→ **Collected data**
============
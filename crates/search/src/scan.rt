// The molecules that are to be searched, one after the other.
ghost use Rattle.std.specs.Prelude.{◌≡◌, true, ◌&&◌, ◌||◌, ◌≤◌, length};
ghost use Rattle.lists.specs.Vocabulary.{select};
ghost use Rattle.strand.specs.Strands.{Proper, least_motif};
ghost use Rattle.strand.specs.Lent.{lent, on_strand};
ghost use Rattle.refusals.specs.Rules.{motif_side, work_size};
ghost use Rattle.octets.specs.Octets.{map_size, map_bit, map_bytes};
ghost use Rattle.block.specs.Block.{block_count};
ghost use Rattle.block.specs.Content.{block_bases};
ghost use Rattle.embedding.specs.Longest.{embeds};
ghost use Rattle.walk.specs.Walk.{TablesFor};
ghost use Rattle.calls.specs.Buffers.{most_catalog_blocks, most_molecule_bases, most_motif_bases, held, molecule_at};
ghost use Rattle.judge.specs.Judge.{SoundCatalog};
ghost use Rattle.search.specs.Search.{AllHeld};

use block::layout;
use strand::Strand;

// Room for the molecule of a block: beside the searcher, for no part of an array is lent by a struct that has a ghost field. No Clone: nobody copies it.
#[derive(Drop)]
struct Room {
    bases: [u8; layout::BLOCK_BASES],
    mates: [u16; layout::BLOCK_BASES],
}

// What searches for a motif: the motif, its tables, and a work slice that is long enough. No Clone, since it lends a slice to write.
#[derive(Drop)]
pub(crate) struct Searcher<'a> {
    motif: Strand<'a>,
    work: &'a mut [u16],
    tables: [u16; walk::QUERY_TABLES],
    ghost proper: { on_strand (Proper motif_side least_motif most_motif_bases) motif },
    ghost tables_of: { on_strand TablesFor motif block_bases tables },
    ghost room: { work_size (length motif.bases.now) most_molecule_bases ≤ length work.now },
}

impl<'a> Searcher<'a> {
    // The tables of the motif are made here.
    pub(crate) fn new(motif: Strand<'a>, work: &'a mut [u16]) -> Searcher<'a>
        requires proper { on_strand (Proper motif_side least_motif most_motif_bases) motif }
        requires room { work_size (length motif.bases.now) most_molecule_bases ≤ length work.old }
        ensures { result.motif ≡ motif.entry }
    {
        let mut tables = [0u16; walk::QUERY_TABLES];
        walk::prepare(&motif, &mut tables);
        Searcher {
            motif,
            work,
            tables,
        }
    }

    // Whether the motif embeds in molecule d, which is decoded into the room. Neither strand is checked again.
    fn embeds_at(&mut self, catalog: &[u8], d: usize, room: &mut Room) -> bool
        requires { SoundCatalog catalog.now × (held catalog.now d ≡ true) }
        ensures { (result ≡ embeds (lent self.old.motif) (molecule_at catalog.now d))
            × (self.new.motif ≡ self.old.motif) }
    {
        let block = layout::block_at(catalog, d);
        let decoded = codec::molecule::decode_molecule(block, &mut room.bases, &mut room.mates);
        let n = decoded.unwrap();
        let molecule = Strand {
            bases: &room.bases[..n],
            mates: &room.mates[..n],
        };
        walk::embeds(&self.motif, &mut self.tables, &molecule, self.work)
    }

    // Search every molecule of the map `todo` and put the hits into the map `found`; how many were searched.
    pub(crate) fn search_all(&mut self, catalog: &[u8], todo: &[u8], found: &mut [u8]) -> usize
        requires { SoundCatalog catalog.now × (block_count catalog.now ≤ most_catalog_blocks) × (length found.old ≡ map_size)
            × AllHeld catalog.now todo.now }
        ensures { (result ≡ length (select (block_count catalog.now) (map_bit todo.now 0)))
            × (found.new ≡ map_bytes (λ d. map_bit found.old 0 d
            || (map_bit todo.now 0 d && embeds (lent self.old.motif) (molecule_at catalog.now d)))) }
    {
        let mut room = Room {
            bases: [0; layout::BLOCK_BASES],
            mates: [0; layout::BLOCK_BASES],
        };
        let mut searched = 0;
        for d in 0..layout::block_count(catalog) {
            if octets::bits::test(todo, 0, d) {
                if self.embeds_at(catalog, d, &mut room) {
                    octets::bits::set(found, 0, d);
                }
                searched += 1;
            }
        }
        searched
    }
}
============
→ **What to produce**
Only the lines from the one with "found.old 0 d" to the end of the entries above belong in your answer. Retype them exactly.

→ **Reply**
            × (found.new ≡ map_bytes (λ d. map_bit found.old 0 d
            || (map_bit todo.now 0 d && embeds (lent self.old.motif) (molecule_at catalog.now d)))) }
    {
        let mut room = Room {
            bases: [0; layout::BLOCK_BASES],
            mates: [0; layout::BLOCK_BASES],
        };
        let mut searched = 0;
        for d in 0..layout::block_count(catalog) {
            if octets::bits::test(todo, 0, d) {
                if self.embeds_at(catalog, d, &mut room) {
                    octets::bits::set(found, 0, d);
                }
                searched += 1;
            }
        }
        searched
    }
}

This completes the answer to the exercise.